[TASK DIRECTIONS]: Looking at the entries, how many lines hold the word "ChooseError"? State the number by itself.

** RAW DATA follows **

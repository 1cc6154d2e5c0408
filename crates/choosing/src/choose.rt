// The whole way, from the bytes of an input to what is printed.
ghost use Rattle.std.specs.Prelude.{◌≤◌, length, drop};
ghost use Rattle.reader.specs.Answers.{Answers};
ghost use Rattle.choosing.specs.Choosing.{Chooses};

use crate::chosen::{ChooseError, Fault, MOST_BYTES};
use crate::memory::Memory;
use crate::select_text::select_text;
use feedtree::read_tree;
use parens::paren_tree::ParenTree;
use query::fault::Fault as QueryFault;
use query::parsed::Query;
use reader::read;
use std::alloc::Global;

// The query whose text begins at a place of the input.
fn query_at(input: &[u8], place: usize) -> Result<Query, QueryFault>
    requires { place ≤ length input.now }
    ensures { Answers (drop place input.now) result }
{
    read(&input[place..])
}

// What an input answers, by memory that it uses up: the tree borrows three of the pieces, so they are taken apart here.
fn answer(heap: Global, input: &[u8], memory: Memory) -> Result<String, ChooseError>
    requires { length input.now ≤ 65536 }
    ensures { Chooses input.now result }
{
    let Memory {
        mut bits,
        mut labels,
        mut names,
        mut directory,
        mut program,
        mut work,
    } = memory;
    let names = names.as_mut_slice();
    let mut tree = ParenTree::lone();
    let end = read_tree(
        &mut tree,
        input,
        bits.as_mut_slice(),
        labels.as_mut_slice(),
        names,
        directory.as_mut_slice(),
    )?;
    let query = query_at(input, end.place)?;
    Ok(select_text(
        heap,
        &tree,
        &query,
        &names[..end.names],
        program.as_mut_slice(),
        work.as_mut_slice(),
    )?)
}

// The text to print for an input, a feed and then a query.
pub fn choose(heap: Global, input: &[u8]) -> Result<String, ChooseError>
    ensures { Chooses input.now result }
{
    if input.len() > MOST_BYTES {
        return Err(ChooseError::Refused(Fault::TooLong));
    }
    answer(heap, input, Memory::new(heap)?)
}
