//! The rule of a pool: the rule of `resil_rule` over jobs of 64 bits, for a service that has its own threads.
//!
//! The service asks the pool what becomes of a submission and which job comes next, and runs the jobs itself. It must
//! hold its own lock around the calls. The header is `include/resil_pool.h`.

pub mod book;
pub mod exports;
pub mod handle;
pub mod plain_data;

** End of RAW DATA **

[SOLUTION FOR THIS EXERCISE]: 4